Pick out and copy every line below that has the word "bool".

#### INPUT RECORDS ####

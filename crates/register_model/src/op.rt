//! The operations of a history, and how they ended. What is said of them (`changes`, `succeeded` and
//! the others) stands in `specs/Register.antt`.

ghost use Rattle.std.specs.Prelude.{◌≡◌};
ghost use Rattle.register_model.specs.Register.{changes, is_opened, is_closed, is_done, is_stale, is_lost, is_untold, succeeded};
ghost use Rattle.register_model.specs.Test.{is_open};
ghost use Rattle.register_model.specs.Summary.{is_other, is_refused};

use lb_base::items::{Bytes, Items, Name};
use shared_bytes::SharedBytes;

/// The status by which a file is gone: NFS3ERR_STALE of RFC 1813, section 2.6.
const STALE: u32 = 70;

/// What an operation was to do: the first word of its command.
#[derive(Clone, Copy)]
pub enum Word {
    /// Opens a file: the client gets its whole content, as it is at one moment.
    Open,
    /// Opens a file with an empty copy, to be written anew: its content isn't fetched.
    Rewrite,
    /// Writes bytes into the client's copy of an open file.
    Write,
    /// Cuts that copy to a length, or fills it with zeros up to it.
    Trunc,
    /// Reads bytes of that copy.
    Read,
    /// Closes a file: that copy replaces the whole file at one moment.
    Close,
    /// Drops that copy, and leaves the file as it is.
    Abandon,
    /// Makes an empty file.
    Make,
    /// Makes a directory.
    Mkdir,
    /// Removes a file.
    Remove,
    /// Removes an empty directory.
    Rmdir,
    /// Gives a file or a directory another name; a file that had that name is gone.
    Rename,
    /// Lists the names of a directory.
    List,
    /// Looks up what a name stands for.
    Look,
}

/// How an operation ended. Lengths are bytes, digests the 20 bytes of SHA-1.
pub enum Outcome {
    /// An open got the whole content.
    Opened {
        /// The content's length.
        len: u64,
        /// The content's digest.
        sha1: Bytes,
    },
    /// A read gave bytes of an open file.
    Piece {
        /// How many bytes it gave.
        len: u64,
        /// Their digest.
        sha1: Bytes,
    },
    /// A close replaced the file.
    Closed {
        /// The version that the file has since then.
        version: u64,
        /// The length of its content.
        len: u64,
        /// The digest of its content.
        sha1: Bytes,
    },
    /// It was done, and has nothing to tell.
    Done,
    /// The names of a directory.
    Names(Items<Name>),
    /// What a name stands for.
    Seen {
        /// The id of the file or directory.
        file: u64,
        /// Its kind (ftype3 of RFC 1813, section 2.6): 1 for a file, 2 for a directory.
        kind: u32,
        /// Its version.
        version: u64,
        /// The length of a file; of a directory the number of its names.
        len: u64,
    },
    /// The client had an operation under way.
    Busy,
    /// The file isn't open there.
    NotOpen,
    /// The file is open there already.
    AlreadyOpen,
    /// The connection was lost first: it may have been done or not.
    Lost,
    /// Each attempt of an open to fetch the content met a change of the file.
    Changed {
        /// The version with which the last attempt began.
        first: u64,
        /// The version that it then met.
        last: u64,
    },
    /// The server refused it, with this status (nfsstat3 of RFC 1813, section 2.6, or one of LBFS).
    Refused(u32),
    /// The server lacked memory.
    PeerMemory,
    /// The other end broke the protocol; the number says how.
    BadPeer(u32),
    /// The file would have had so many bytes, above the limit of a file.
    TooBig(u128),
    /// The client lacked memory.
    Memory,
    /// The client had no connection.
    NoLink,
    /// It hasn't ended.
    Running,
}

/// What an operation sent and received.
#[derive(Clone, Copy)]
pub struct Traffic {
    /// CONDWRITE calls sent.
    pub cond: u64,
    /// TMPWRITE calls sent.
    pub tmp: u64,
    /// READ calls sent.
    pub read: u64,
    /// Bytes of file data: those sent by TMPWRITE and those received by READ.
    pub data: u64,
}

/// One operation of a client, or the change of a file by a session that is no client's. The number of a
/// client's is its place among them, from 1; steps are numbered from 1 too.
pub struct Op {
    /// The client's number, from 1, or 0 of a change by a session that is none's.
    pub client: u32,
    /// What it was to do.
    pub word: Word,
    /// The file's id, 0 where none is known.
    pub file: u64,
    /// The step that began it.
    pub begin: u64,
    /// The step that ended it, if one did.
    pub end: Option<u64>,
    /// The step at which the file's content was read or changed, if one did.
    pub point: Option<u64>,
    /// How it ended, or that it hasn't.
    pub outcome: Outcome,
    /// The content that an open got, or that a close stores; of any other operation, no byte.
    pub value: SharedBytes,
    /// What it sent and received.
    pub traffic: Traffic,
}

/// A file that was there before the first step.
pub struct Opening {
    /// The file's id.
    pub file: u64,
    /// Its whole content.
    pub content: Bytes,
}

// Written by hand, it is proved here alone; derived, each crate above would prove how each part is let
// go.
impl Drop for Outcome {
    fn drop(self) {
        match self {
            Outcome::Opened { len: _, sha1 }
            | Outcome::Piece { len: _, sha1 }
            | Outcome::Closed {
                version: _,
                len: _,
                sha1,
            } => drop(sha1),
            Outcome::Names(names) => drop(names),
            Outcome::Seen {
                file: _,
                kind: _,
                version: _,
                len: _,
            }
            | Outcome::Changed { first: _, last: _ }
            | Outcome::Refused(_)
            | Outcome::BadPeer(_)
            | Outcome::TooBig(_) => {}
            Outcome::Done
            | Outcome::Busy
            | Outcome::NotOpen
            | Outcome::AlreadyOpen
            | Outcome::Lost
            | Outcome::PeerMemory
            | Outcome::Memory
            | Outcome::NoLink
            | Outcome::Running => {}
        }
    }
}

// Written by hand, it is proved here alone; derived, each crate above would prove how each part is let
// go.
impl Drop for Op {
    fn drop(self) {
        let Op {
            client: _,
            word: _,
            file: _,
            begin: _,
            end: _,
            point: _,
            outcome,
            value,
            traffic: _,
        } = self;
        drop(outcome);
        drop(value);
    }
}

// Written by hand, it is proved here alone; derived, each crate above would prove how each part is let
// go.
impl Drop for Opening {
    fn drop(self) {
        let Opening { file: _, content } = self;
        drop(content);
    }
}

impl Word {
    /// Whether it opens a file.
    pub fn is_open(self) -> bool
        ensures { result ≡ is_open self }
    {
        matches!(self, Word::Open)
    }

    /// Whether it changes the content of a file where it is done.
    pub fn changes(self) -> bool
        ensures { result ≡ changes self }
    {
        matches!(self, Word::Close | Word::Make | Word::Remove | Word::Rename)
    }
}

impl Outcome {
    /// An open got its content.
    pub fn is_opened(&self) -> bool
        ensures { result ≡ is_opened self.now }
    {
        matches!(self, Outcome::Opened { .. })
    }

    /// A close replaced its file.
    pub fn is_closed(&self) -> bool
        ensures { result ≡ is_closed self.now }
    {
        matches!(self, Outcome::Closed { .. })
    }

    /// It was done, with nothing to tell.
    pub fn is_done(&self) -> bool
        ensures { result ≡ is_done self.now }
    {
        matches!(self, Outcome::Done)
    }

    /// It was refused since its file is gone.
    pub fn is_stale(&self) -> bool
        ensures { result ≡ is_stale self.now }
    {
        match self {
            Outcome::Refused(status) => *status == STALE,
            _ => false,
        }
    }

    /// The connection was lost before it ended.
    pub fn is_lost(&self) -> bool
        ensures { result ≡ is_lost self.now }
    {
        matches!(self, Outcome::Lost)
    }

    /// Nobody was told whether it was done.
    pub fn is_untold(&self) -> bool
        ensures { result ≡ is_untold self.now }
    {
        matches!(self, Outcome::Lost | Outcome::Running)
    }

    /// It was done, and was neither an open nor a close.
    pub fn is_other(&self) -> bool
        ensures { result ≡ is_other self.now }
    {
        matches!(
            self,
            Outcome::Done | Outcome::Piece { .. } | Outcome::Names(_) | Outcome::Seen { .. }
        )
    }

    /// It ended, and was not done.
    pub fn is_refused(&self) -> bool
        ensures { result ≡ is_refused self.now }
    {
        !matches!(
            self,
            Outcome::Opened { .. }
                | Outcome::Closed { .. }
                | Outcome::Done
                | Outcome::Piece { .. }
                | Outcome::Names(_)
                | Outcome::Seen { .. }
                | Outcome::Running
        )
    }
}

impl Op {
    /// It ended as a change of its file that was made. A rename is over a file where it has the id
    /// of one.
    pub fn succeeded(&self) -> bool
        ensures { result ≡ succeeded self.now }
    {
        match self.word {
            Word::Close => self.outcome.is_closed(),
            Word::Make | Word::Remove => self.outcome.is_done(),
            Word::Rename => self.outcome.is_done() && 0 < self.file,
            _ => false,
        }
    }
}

####

# SOLVED EXERCISE
    pub fn is_open(self) -> bool
    pub fn changes(self) -> bool
    pub fn is_opened(&self) -> bool
    pub fn is_closed(&self) -> bool
    pub fn is_done(&self) -> bool
    pub fn is_stale(&self) -> bool
    pub fn is_lost(&self) -> bool
    pub fn is_untold(&self) -> bool
    pub fn is_other(&self) -> bool
    pub fn is_refused(&self) -> bool
    pub fn succeeded(&self) -> bool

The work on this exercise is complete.